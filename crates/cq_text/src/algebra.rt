//! The lines of nulls and of entries.
ghost use Rattle.std.specs.Prelude.{◌≡◌, ◌++◌, ◌<◌, All, OnOk, length, slice_index};
ghost use Rattle.std.specs.List.{flat_map};
ghost use Rattle.cq_theory.specs.Canonical.{below};
ghost use Rattle.cq_text.specs.Transcript.{null_line, null_lines, entry_line, entry_lines, IsNamedEntry};

use crate::pieces::{push_entry_line, push_heading, push_null_line};
use cq_instance::Instance;
use cq_theory::{Entry, Typeside};
use std::alloc::AllocError;

/// Appends how many nulls there are, and the line of each.
pub fn push_nulls(instance: &Instance, text: &mut Vec<u8>) -> Result<(), AllocError>
    ensures { OnOk result (text.new.items ≡ text.old.items ++ null_lines instance.now) }
{
    let sorts = instance.algebra().nulls.as_slice();
    push_heading(b"nulls", sorts.len() as u64, text)?;
    push_null_lines(&instance.schema().typeside, sorts, text)?;
    Ok(())
}

fn push_null_lines(typeside: &Typeside, sorts: &[u32], text: &mut Vec<u8>) -> Result<(), AllocError>
    requires { All (λ sort. sort < length typeside.now.types) sorts.now }
    ensures { OnOk result (text.new.items ≡ text.old.items
        ++ flat_map (λ label. null_line typeside.now label (slice_index sorts.now label)) (below (length sorts.now))) }
{
    for label in 0..sorts.len() {
        push_null_line(typeside, label as u64, sorts[label], text)?;
    }
    Ok(())
}

/// Appends how many entries there are, and the line of each.
pub fn push_entries(instance: &Instance, text: &mut Vec<u8>) -> Result<(), AllocError>
    ensures { OnOk result (text.new.items ≡ text.old.items ++ entry_lines instance.now) }
{
    let entries = instance.algebra().entries.as_slice();
    push_heading(b"entries", entries.len() as u64, text)?;
    push_entry_lines(&instance.schema().typeside, entries, text)?;
    Ok(())
}

fn push_entry_lines(
    typeside: &Typeside,
    entries: &[Entry],
    text: &mut Vec<u8>,
) -> Result<(), AllocError>
    requires { All (IsNamedEntry typeside.now) entries.now }
    ensures { OnOk result (text.new.items ≡ text.old.items ++ flat_map (entry_line typeside.now) entries.now) }
{
    for entry in entries {
        push_entry_line(typeside, entry, text)?;
    }
    Ok(())
}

**********

Once more, write down the full material exactly as it appears.

— SOLUTION FOR THIS EXERCISE —
filename crates/cq_text/src/algebra.rt
//! The lines of nulls and of entries.
ghost use Rattle.std.specs.Prelude.{◌≡◌, ◌++◌, ◌<◌, All, OnOk, length, slice_index};
ghost use Rattle.std.specs.List.{flat_map};
ghost use Rattle.cq_theory.specs.Canonical.{below};
ghost use Rattle.cq_text.specs.Transcript.{null_line, null_lines, entry_line, entry_lines, IsNamedEntry};

use crate::pieces::{push_entry_line, push_heading, push_null_line};
use cq_instance::Instance;
use cq_theory::{Entry, Typeside};
use std::alloc::AllocError;

/// Appends how many nulls there are, and the line of each.
pub fn push_nulls(instance: &Instance, text: &mut Vec<u8>) -> Result<(), AllocError>
    ensures { OnOk result (text.new.items ≡ text.old.items ++ null_lines instance.now) }
{
    let sorts = instance.algebra().nulls.as_slice();
    push_heading(b"nulls", sorts.len() as u64, text)?;
    push_null_lines(&instance.schema().typeside, sorts, text)?;
    Ok(())
}

fn push_null_lines(typeside: &Typeside, sorts: &[u32], text: &mut Vec<u8>) -> Result<(), AllocError>
    requires { All (λ sort. sort < length typeside.now.types) sorts.now }
    ensures { OnOk result (text.new.items ≡ text.old.items
        ++ flat_map (λ label. null_line typeside.now label (slice_index sorts.now label)) (below (length sorts.now))) }
{
    for label in 0..sorts.len() {
        push_null_line(typeside, label as u64, sorts[label], text)?;
    }
    Ok(())
}

/// Appends how many entries there are, and the line of each.
pub fn push_entries(instance: &Instance, text: &mut Vec<u8>) -> Result<(), AllocError>
    ensures { OnOk result (text.new.items ≡ text.old.items ++ entry_lines instance.now) }
{
    let entries = instance.algebra().entries.as_slice();
    push_heading(b"entries", entries.len() as u64, text)?;
    push_entry_lines(&instance.schema().typeside, entries, text)?;
    Ok(())
}

fn push_entry_lines(
    typeside: &Typeside,
    entries: &[Entry],
    text: &mut Vec<u8>,
) -> Result<(), AllocError>
    requires { All (IsNamedEntry typeside.now) entries.now }
    ensures { OnOk result (text.new.items ≡ text.old.items ++ flat_map (entry_line typeside.now) entries.now) }
{
    for entry in entries {
        push_entry_line(typeside, entry, text)?;
    }
    Ok(())
}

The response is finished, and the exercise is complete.